I was trying to remember and just can't. I was just curious at what % can a buck be registered? I have a paper that lists percentages but it doesn't state which % you can register a buck.


----------



## Goober (Aug 21, 2009)

96.88% or higher


----------



## toth boer goats (Jul 20, 2008)

Yep... :wink:


----------



## RPC (Nov 6, 2009)

Unless you are USBGA.....the few months I had Freeney he was registered and he was 88%. Not saying I 100% agree with it but it is what it is.


----------



## HoosierShadow (Apr 20, 2010)

Thanks everyone, Wow that is interesting about USBGA! I was just curious because the paper I have from IBGA didn't seem to specify. 
It'll be fun when we eventually reach that point with the percentage goats that we have


----------



## toth boer goats (Jul 20, 2008)

:thumbup: :wink: :thumb:


----------



## Burns Branch Boers (Apr 11, 2011)

well I am coming from a ABGA stand point only.

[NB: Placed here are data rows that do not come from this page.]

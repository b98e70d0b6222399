//! Names of the user, global variables and solver variables, and what is kept of each global variable.
//!
//! A name that is in use leads to a global variable, and a global variable that the search speaks of to a solver
//! variable.
ghost use Rattle.std.specs.Prelude.{◌≡◌, ◌≤◌, ◌<◌, ◌^◌, false, length, Some, MatchOption, OnOk, OnErr, IsSome, IsTrue, ◌↔◌};
ghost use Rattle.std.specs.Borrow.{sem};
ghost use Rattle.varisat_names.specs.promises.Maps.{chain};
ghost use Rattle.varisat_names.specs.promises.VarMap.{at, mapped_from, IsLeastUnmapped};
ghost use Rattle.varisat_names.specs.promises.VarBiMap.{turned};
ghost use Rattle.varisat_names.specs.promises.VarData.{data_at, reaching, live_from, IsLeastRetired, AreDeleted};
ghost use Rattle.varisat_names.specs.promises.Variables.{no_variables, AreFree, AreListed};

mod code_pages;
pub mod data;
mod data_mut;
mod globals;
pub mod iter;
mod kept_list;
pub mod linked;
mod names;
pub mod naming;
mod number_set;
pub mod var_map;

pub use data::{SamplingMode, VarData};
pub use data_mut::VarDataMut;
use globals::Globals;
pub use iter::{GlobalVars, UserVars};
pub use linked::LinkedVariables;
use names::NameSpace;
use std::alloc::{AllocError, Allocator};
use std::marker::Model;
pub use var_map::{Direction, VarBiMap, VarBiMapMut, VarMap};
use varisat_literals::Var;

/// Names of the user, global variables and solver variables, with lists of those that are free. Maps, data and lists
/// may each be changed by itself; `LinkedVariables` are such as fit each other.
#[derive(Drop)]
pub struct Variables<A: Allocator + Copy> {
    users: NameSpace<A>,
    solvers: NameSpace<A>,
    globals: Globals<A>,
}

impl<A: Allocator + Copy> Model for Variables<A> {
    ghost use Rattle.varisat_names.specs.promises.VarBiMap.{turned};
    ghost use Rattle.varisat_names.specs.promises.Variables.{VariableParts};

    ghost Value = { VariableParts };

    ghost view = { λ v. record {
      tables = record { users = v.users.pairs; solvers = turned v.solvers.pairs; kept = v.globals.kept };
      free = record { users = v.users.free; solvers = v.solvers.free; globals = v.globals.free };
    } };
}

impl<A: Allocator + Copy> Variables<A> {
    /// No variables. It takes no memory.
    pub fn new_in(alloc: A) -> Variables<A>
        ensures tables { result.tables ≡ no_variables }
        ensures listed { AreListed result }
    {
        Variables {
            users: NameSpace::new_in(alloc),
            solvers: NameSpace::new_in(alloc),
            globals: Globals::new_in(alloc),
        }
    }

    /// The global variables of the names.
    pub fn global_from_user(&self) -> &VarMap<A>
        ensures { result.now ≡ self.now.tables.users.forward }
    {
        self.users.pairs().fwd()
    }

    /// The names of the global variables.
    pub fn user_from_global(&self) -> &VarMap<A>
        ensures { result.now ≡ self.now.tables.users.backward }
    {
        self.users.pairs().bwd()
    }

    /// The solver variables of the global variables.
    pub fn solver_from_global(&self) -> &VarMap<A>
        ensures { result.now ≡ self.now.tables.solvers.forward }
    {
        self.solvers.pairs().bwd()
    }

    /// The global variables of the solver variables.
    pub fn global_from_solver(&self) -> &VarMap<A>
        ensures { result.now ≡ self.now.tables.solvers.backward }
    {
        self.solvers.pairs().fwd()
    }

    /// One above the highest name that was ever in use.
    pub fn user_watermark(&self) -> usize
        ensures { result ≡ length self.now.tables.users.forward }
    {
        self.global_from_user().watermark()
    }

    /// How many global variables there are, live or not.
    pub fn global_watermark(&self) -> usize
        ensures { result ≡ length self.now.tables.kept }
    {
        self.globals.len()
    }

    /// One above the highest solver variable that was ever taken.
    pub fn solver_watermark(&self) -> usize
        ensures { result ≡ length self.now.tables.solvers.backward }
    {
        self.global_from_solver().watermark()
    }

    /// The names in use, in increasing order.
    pub fn user_var_iter(&self) -> UserVars<'_, A>
        ensures { result ≡ mapped_from 0 self.now.tables.users.forward }
    {
        UserVars::new(self.global_from_user())
    }

    /// The live global variables, in increasing order.
    pub fn global_var_iter(&self) -> GlobalVars<'_, A>
        ensures { result ≡ live_from 0 self.now.tables.kept }
    {
        GlobalVars::new(&self.globals)
    }

    /// What is kept of the global variable.
    pub fn var_data_global(&self, global: Var) -> VarData
        requires { global < length self.now.tables.kept }
        ensures { result ≡ data_at self.now.tables.kept global }
    {
        self.globals.data(global)
    }

    /// The least free name, where the list of these is right.
    pub fn next_unmapped_user(&self) -> Var
        requires listed { AreFree self.now.tables.users.forward self.now.free.users }
        requires room { length self.now.tables.users.forward < 2 ^ 31 }
        ensures least { IsLeastUnmapped self.now.tables.users.forward result }
        ensures near { result ≤ length self.now.tables.users.forward }
    {
        Var::from_index(self.users.next_free())
    }

    /// The least global variable that is not live, where the list of these is right.
    pub fn next_unmapped_global(&self) -> Var
        requires listed { AreDeleted self.now.tables.kept self.now.free.globals }
        requires room { length self.now.tables.kept < 2 ^ 31 }
        ensures least { IsLeastRetired self.now.tables.kept result }
        ensures near { result ≤ length self.now.tables.kept }
    {
        Var::from_index(self.globals.next_deleted())
    }

    /// The least free solver variable, where the list of these is right.
    pub fn next_unmapped_solver(&self) -> Var
        requires listed { AreFree self.now.tables.solvers.backward self.now.free.solvers }
        requires room { length self.now.tables.solvers.backward < 2 ^ 31 }
        ensures least { IsLeastUnmapped self.now.tables.solvers.backward result }
        ensures near { result ≤ length self.now.tables.solvers.backward }
    {
        Var::from_index(self.solvers.next_free())
    }

    /// The solver variable of the name.
    pub fn existing_solver_from_user(&self, user: Var) -> Var
        requires { IsSome (chain (at self.now.tables.users.forward) (at self.now.tables.solvers.forward) user) }
        ensures { chain (at self.now.tables.users.forward) (at self.now.tables.solvers.forward) user ≡ Some result }
    {
        let global = self.global_from_user().get(user).unwrap();
        self.solver_from_global().get(global).unwrap()
    }

    /// The name of the solver variable.
    pub fn existing_user_from_solver(&self, solver: Var) -> Var
        requires { IsSome (chain (at self.now.tables.solvers.backward) (at self.now.tables.users.backward) solver) }
        ensures { chain (at self.now.tables.solvers.backward) (at self.now.tables.users.backward) solver ≡ Some result }
    {
        let global = self.global_from_solver().get(solver).unwrap();
        self.user_from_global().get(global).unwrap()
    }

    /// Whether a global variable has the solver variable.
    pub fn solver_var_present(&self, solver: Var) -> bool
        ensures { IsTrue result ↔ IsSome (at self.now.tables.solvers.backward solver) }
    {
        self.global_from_solver().get(solver).is_some()
    }
}

/// Parts that are lent to be changed. The other parts stay, and so do the lists of what is free.
impl<A: Allocator + Copy> Variables<A> {
    ghost use Rattle.varisat_names.specs.inside.Lending.{lends_users, lends_solvers, lends_globals};

    /// The map from names to global variables, to be changed.
    pub fn global_from_user_mut(&mut self) -> VarBiMapMut<'_, A>
        ensures* lends { sem 𝓛 (lends_users A.row A.Allocator self.entry result) }
        ensures map { result.map.now ≡ self.old.tables.users }
        ensures direction { result.direction ≡ Direction.Forward }
    {
        self.users.fwd_mut()
    }

    /// The map from global variables to names, to be changed.
    pub fn user_from_global_mut(&mut self) -> VarBiMapMut<'_, A>
        ensures* lends { sem 𝓛 (lends_users A.row A.Allocator self.entry result) }
        ensures map { result.map.now ≡ self.old.tables.users }
        ensures direction { result.direction ≡ Direction.Backward }
    {
        self.users.bwd_mut()
    }

    /// The map from global variables to solver variables, to be changed.
    pub fn solver_from_global_mut(&mut self) -> VarBiMapMut<'_, A>
        ensures* lends { sem 𝓛 (lends_solvers A.row A.Allocator self.entry result) }
        ensures map { result.map.now ≡ turned self.old.tables.solvers }
        ensures direction { result.direction ≡ Direction.Backward }
    {
        self.solvers.bwd_mut()
    }

    /// The map from solver variables to global variables, to be changed.
    pub fn global_from_solver_mut(&mut self) -> VarBiMapMut<'_, A>
        ensures* lends { sem 𝓛 (lends_solvers A.row A.Allocator self.entry result) }
        ensures map { result.map.now ≡ turned self.old.tables.solvers }
        ensures direction { result.direction ≡ Direction.Forward }
    {
        self.solvers.fwd_mut()
    }

    /// Raises the count of global variables above this one. Those that join are not live. Where memory is refused
    /// nothing changes.
    pub fn reach_global(&mut self, global: Var) -> Result<(), AllocError>
        ensures reached { OnOk result
            (self.new
            ≡ record self.old { tables = record self.old.tables { kept = reaching self.old.tables.kept global } }) }
        ensures refused { OnErr result (self.new ≡ self.old) }
    {
        self.globals.reach(global)?;
        Ok(())
    }

    /// What is kept of the global variable, to be changed.
    pub fn var_data_global_mut(&mut self, global: Var) -> VarDataMut<'_, A>
        requires { global < length self.old.tables.kept }
        ensures* lends { sem 𝓛 (lends_globals A.row A.Allocator self.entry result) }
        ensures kept { result.globals.now.kept ≡ self.old.tables.kept }
        ensures free { result.globals.now.free ≡ self.old.free.globals }
        ensures global { result.global ≡ global }
    {
        VarDataMut {
            globals: &mut self.globals,
            global,
        }
    }

    /// What is kept of the global variable that has the solver variable, to be changed.
    pub fn var_data_solver_mut(&mut self, solver: Var) -> VarDataMut<'_, A>
        requires { MatchOption (at self.old.tables.solvers.backward solver) ⊥
            (λ global. global < length self.old.tables.kept) }
        ensures* lends { sem 𝓛 (lends_globals A.row A.Allocator self.entry result) }
        ensures kept { result.globals.now.kept ≡ self.old.tables.kept }
        ensures free { result.globals.now.free ≡ self.old.free.globals }
        ensures global { at self.old.tables.solvers.backward solver ≡ Some result.global }
    {
        let global = self.global_from_solver().get(solver).unwrap();
        VarDataMut {
            globals: &mut self.globals,
            global,
        }
    }
}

The only time I have seen/heard about USBGA is here--is that a meat goat registry too? I am only interested in ennoblement via ABGA for our purposes.


----------



## Burns Branch Boers (Apr 11, 2011)

LOL Oooops! I responded to this thread and thought I was responding to one of my own that I had posted earlier  :doh: 

hee hee--my above post does not make sense and this is why  sorry!


----------



## HoosierShadow (Apr 20, 2010)

LOL that's okay! It made sense enough


----------



## toth boer goats (Jul 20, 2008)

> LOL that's okay! It made sense enough


:ROFL: It did...HeHe :thumb:


----------